Sets and tags

Sets and tags

OAI-PMH supports a system for the creation of sub-collections that it calls "sets". oai4courts adds database support for a less-formal system of tags. Sets are named according to a hierarchical system that implies an equally hierarchical partitioning of the database. Tags may be applied in any way you like.

What are sets sets of? What do tags tag?

Sets and tags are assigned to decisions, not writings. This may seem an odd choice if your court's output is organized so that every writing that is part of a decision (majority opinion, concurrences, dissents, etc.) is separately disseminated and hence is (in OAI terms) a separate item. In most cases, though, classificatory metadata will apply to the decision rather than to the individual writings. Thus sets and tags apply to the decision too.

Sets and the database

The OAI-PMH specification imposes, somewhat sneakily, a requirement that the population of sets be determined in advance rather than (eg.) built dynamically from database queries. The oai4courts database structure tries -- equally sneakily -- to give as much support as possible to the notion of dynamic sets.
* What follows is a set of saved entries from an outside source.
//! The copies of a list, found by the rows in which they stand: those of one row stand close to one another (XForms 1.1, section 9.3.1).

ghost use Rattle.std.specs.Prelude.{◌≡◌, ◌==◌, ℕ, Some, cond, nat_eq, IfOk, OnOk, option_map};
ghost use Rattle.indexmap.specs.IndexMap.{get};
ghost use Rattle.xf_controls.specs.Before.{AreFirst, Knows, first_from, first_or, in_row, innermost};
ghost use Rattle.xf_controls.specs.Rising.{is_rising};
ghost use Rattle.xf_controls.specs.Seen.{number};

use crate::copy::ControlCopy;
use indexmap::IndexMap;
use std::alloc::{AllocError, Global};
use xf_def_forest::NodeId;

/// The copies of a list, whether each element has one at most, in document order, and the first place of a copy in each row.
#[derive(Drop)]
pub(crate) struct Before<'a> {
    pub copies: &'a [ControlCopy],
    pub rising: bool,
    pub places: IndexMap<u128, usize>,
}

pub(crate) fn before_of(alloc: Global, copies: &[ControlCopy]) -> Result<Before<'_>, AllocError>
    ensures copies { IfOk result (λ before. before.copies.now ≡ copies.now) }
    ensures known { IfOk result (λ before. Knows before) }
{
    Ok(Before {
        copies,
        rising: is_rising(copies),
        places: first_places(alloc, copies)?,
    })
}

/// Whether each element has one copy at most, in document order.
pub(crate) fn is_rising(copies: &[ControlCopy]) -> bool
    ensures { result ≡ is_rising copies.now }
{
    let mut least = 0;
    for copy in copies {
        let element = copy.element as u64;
        if element < least {
            return false;
        }
        least = element + 1;
    }
    true
}

fn first_places(alloc: Global, copies: &[ControlCopy]) -> Result<IndexMap<u128, usize>, AllocError>
    ensures { IfOk result (λ places. AreFirst places copies.now) }
{
    let mut places = IndexMap::new(alloc);
    for (at, copy) in copies.iter().enumerate() {
        add(&mut places, copy, at)?;
    }
    Ok(places)
}

/// Keeps the place of a copy under its innermost row, unless that has one.
fn add(
    places: &mut IndexMap<u128, usize>,
    copy: &ControlCopy,
    place: usize,
) -> Result<(), AllocError>
    ensures { OnOk result ((n : ℕ) → get nat_eq places.new n ≡ first_or (get nat_eq places.old n) (in_row n copy.now) place) }
{
    match innermost(copy) {
        Some(row) => add_row(places, row.number, place),
        None => Ok(()),
    }
}

fn add_row(places: &mut IndexMap<u128, usize>, row: u128, place: usize) -> Result<(), AllocError>
    ensures { OnOk result ((n : ℕ) → get nat_eq places.new n ≡ first_or (get nat_eq places.old n) (row == n) place) }
{
    if place_in(places, row).is_some() {
        return Ok(());
    }
    put(places, row, place)
}

fn put(places: &mut IndexMap<u128, usize>, row: u128, place: usize) -> Result<(), AllocError>
    ensures { OnOk result ((n : ℕ) → get nat_eq places.new n ≡ cond (nat_eq row n) (Some place) (get nat_eq places.old n)) }
{
    match places.insert(row, place) {
        Ok(_) => Ok(()),
        Err(_) => Err(AllocError),
    }
}

fn place_in(places: &IndexMap<u128, usize>, row: u128) -> Option<usize>
    ensures { result ≡ get nat_eq places.now row }
{
    match places.get(&row) {
        Some(place) => Some(*place),
        None => None,
    }
}

/// A place before which the list has no copy of this element and these rows; none where it has no such copy.
pub(crate) fn first_place(before: &Before<'_>, copy: &ControlCopy) -> Option<usize>
    requires { Knows before.now }
    ensures { result ≡ first_from copy.now before.now.copies.now }
{
    match innermost(copy) {
        Some(row) => place_in(&before.places, row.number),
        None => Some(0),
    }
}

/// The innermost row of a chain.
fn innermost(copy: &ControlCopy) -> Option<NodeId>
    ensures { option_map number result ≡ innermost copy.now.rows }
{
    if copy.rows.is_empty() {
        return None;
    }
    copy.rows.get(copy.rows.len() - 1)
}
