//! What is known of the nodes that elements bind.

ghost use Rattle.std.specs.Prelude.{◌≡◌, None, Some};
ghost use Rattle.xf_controls.specs.Known as spec;

use xf_base::Items;
use xf_def_forest::NodeId;

/// What is known of the node that an element binds.
#[derive(Clone, Copy, Debug)]
pub enum Known {
    Unknown,
    /// It binds this node, or none.
    Is(Option<NodeId>),
}

/// What is known of each element, at the place of its number. Of those past the end nothing is known.
pub type KnownList = Items<Known>;

/// What is known of the node of an element. Nothing is asked but of controls and containers.
pub(crate) fn known_for(known: &[Known], element: u32, is_control: bool) -> Option<Option<NodeId>>
    ensures { result ≡ spec.known_for known.now element is_control }
{
    if !is_control {
        return None;
    }
    match known.get(element as usize) {
        Some(known) => known_as(*known),
        None => None,
    }
}

fn known_as(known: Known) -> Option<Option<NodeId>>
    ensures { result ≡ spec.known_if (Some known) }
{
    match known {
        Known::Unknown => None,
        Known::Is(node) => Some(node),
    }
}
This can be seen in the organization of the oai_sets table in the database, which has the following elements:

  • set_spec : the OAI <setSpec> element, which specifies an identifier for the set as well as showing its place in the hierarchy of sets
  • set_name: the OAI <setName> element, which provides a short human-readable name for the set
  • description: the OAI <setDescription> element, which describes the set
  • set_type: a hint about the process used to construct the set
  • query: a hint about what the processor should process

The last two elements, which are specific to oai4courts, can be used to specify a processing regime for population of the set by an external utility program or script. For example, a set_type of "supct-full-text" and a "query" value of "civil+rights" might indicate that members of the set with this id could be found by firing a fulltext search on the "supct" corpus using the query string "civil+rights". Or the set_type might indicate that a particular relational database holds relevant information, and the query element might contain a SQL query that, when fired against that database, would retrieve a list of set members for incorporation into the decisions_oai_sets table. In other words, the two fields simply allow the repository operator to store hints about what process and query should be used to identify members of the set. The hints and processes are entirely arbitrary and are assumed to be run by external utilities when the decisions_oai_sets table is to be populated.

Tags and the database

As of this writing, little has been done to support tagging other than the provision of appropriate tables in the database. Not what you would call a fully-thought-through feature.